## What the task requires
Extract all of the entries and give them again, word for word.

[Data records]
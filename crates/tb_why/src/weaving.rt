//! What happened and what is told of it, in one list.

ghost use Rattle.std.specs.Prelude.{◌≡◌, ◌≤◌, ◌++◌, length, IfOk, OnOk};
ghost use Rattle.tb_why.specs.ShownTurns.{all_happens, woven_shown, IsPieceShown};

use crate::Showing;
use crate::shown::{show_happening, show_tale};
use std::alloc::AllocError;
use tb_items::Happening;
use tb_told::Piece;

/// Appends what happened, in its order. It fails only if memory runs out.
pub(crate) fn show_happened(
    shown: &mut Vec<Showing>,
    happened: &[Happening],
) -> Result<(), AllocError>
    ensures { OnOk result (shown.new.items ≡ shown.old.items ++ all_happens happened.now) }
{
    for happening in happened {
        show_happening(shown, *happening)?;
    }
    Ok(())
}

/// Appends what is told, with what was sent at its places and the rest of it behind. It fails only if memory runs out.
pub(crate) fn show_sent(
    shown: &mut Vec<Showing>,
    pieces: &[Piece],
    sent: &[Happening],
) -> Result<(), AllocError>
    ensures { OnOk result (shown.new.items ≡ shown.old.items ++ woven_shown pieces.now sent.now) }
{
    let mut next = 0;
    for piece in pieces {
        next = show_piece(shown, piece, sent, next)?;
    }
    show_happened(shown, &sent[next..])
}

// Appends a piece: what it says, or what was sent next. Returns the place of what is sent after it.
fn show_piece(
    shown: &mut Vec<Showing>,
    piece: &Piece,
    sent: &[Happening],
    next: usize,
) -> Result<usize, AllocError>
    requires { next ≤ length sent.now }
    ensures { IfOk result (λ upto. IsPieceShown piece.now sent.now next upto shown.old.items shown.new.items) }
{
    match *piece {
        Piece::Says(tale) => {
            show_tale(shown, tale)?;
            Ok(next)
        }
        Piece::NextSent => show_next(shown, sent, next),
    }
}

// Appends what was sent next, if anything was.
fn show_next(shown: &mut Vec<Showing>, sent: &[Happening], next: usize) -> Result<usize, AllocError>
    requires { next ≤ length sent.now }
    ensures { IfOk result (λ upto. IsPieceShown Piece.NextSent sent.now next upto shown.old.items shown.new.items) }
{
    if next == sent.len() {
        return Ok(next);
    }
    show_happening(shown, sent[next])?;
    Ok(next + 1)
}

## Written answer
filename crates/tb_why/src/weaving.rt
//! What happened and what is told of it, in one list.

ghost use Rattle.std.specs.Prelude.{◌≡◌, ◌≤◌, ◌++◌, length, IfOk, OnOk};
ghost use Rattle.tb_why.specs.ShownTurns.{all_happens, woven_shown, IsPieceShown};

use crate::Showing;
use crate::shown::{show_happening, show_tale};
use std::alloc::AllocError;
use tb_items::Happening;
use tb_told::Piece;

/// Appends what happened, in its order. It fails only if memory runs out.
pub(crate) fn show_happened(
    shown: &mut Vec<Showing>,
    happened: &[Happening],
) -> Result<(), AllocError>
    ensures { OnOk result (shown.new.items ≡ shown.old.items ++ all_happens happened.now) }
{
    for happening in happened {
        show_happening(shown, *happening)?;
    }
    Ok(())
}

/// Appends what is told, with what was sent at its places and the rest of it behind. It fails only if memory runs out.
pub(crate) fn show_sent(
    shown: &mut Vec<Showing>,
    pieces: &[Piece],
    sent: &[Happening],
) -> Result<(), AllocError>
    ensures { OnOk result (shown.new.items ≡ shown.old.items ++ woven_shown pieces.now sent.now) }
{
    let mut next = 0;
    for piece in pieces {
        next = show_piece(shown, piece, sent, next)?;
    }
    show_happened(shown, &sent[next..])
}

// Appends a piece: what it says, or what was sent next. Returns the place of what is sent after it.
fn show_piece(
    shown: &mut Vec<Showing>,
    piece: &Piece,
    sent: &[Happening],
    next: usize,
) -> Result<usize, AllocError>
    requires { next ≤ length sent.now }
    ensures { IfOk result (λ upto. IsPieceShown piece.now sent.now next upto shown.old.items shown.new.items) }
{
    match *piece {
        Piece::Says(tale) => {
            show_tale(shown, tale)?;
            Ok(next)
        }
        Piece::NextSent => show_next(shown, sent, next),
    }
}

// Appends what was sent next, if anything was.
fn show_next(shown: &mut Vec<Showing>, sent: &[Happening], next: usize) -> Result<usize, AllocError>
    requires { next ≤ length sent.now }
    ensures { IfOk result (λ upto. IsPieceShown Piece.NextSent sent.now next upto shown.old.items shown.new.items) }
{
    if next == sent.len() {
        return Ok(next);
    }
    show_happening(shown, sent[next])?;
    Ok(next + 1)
}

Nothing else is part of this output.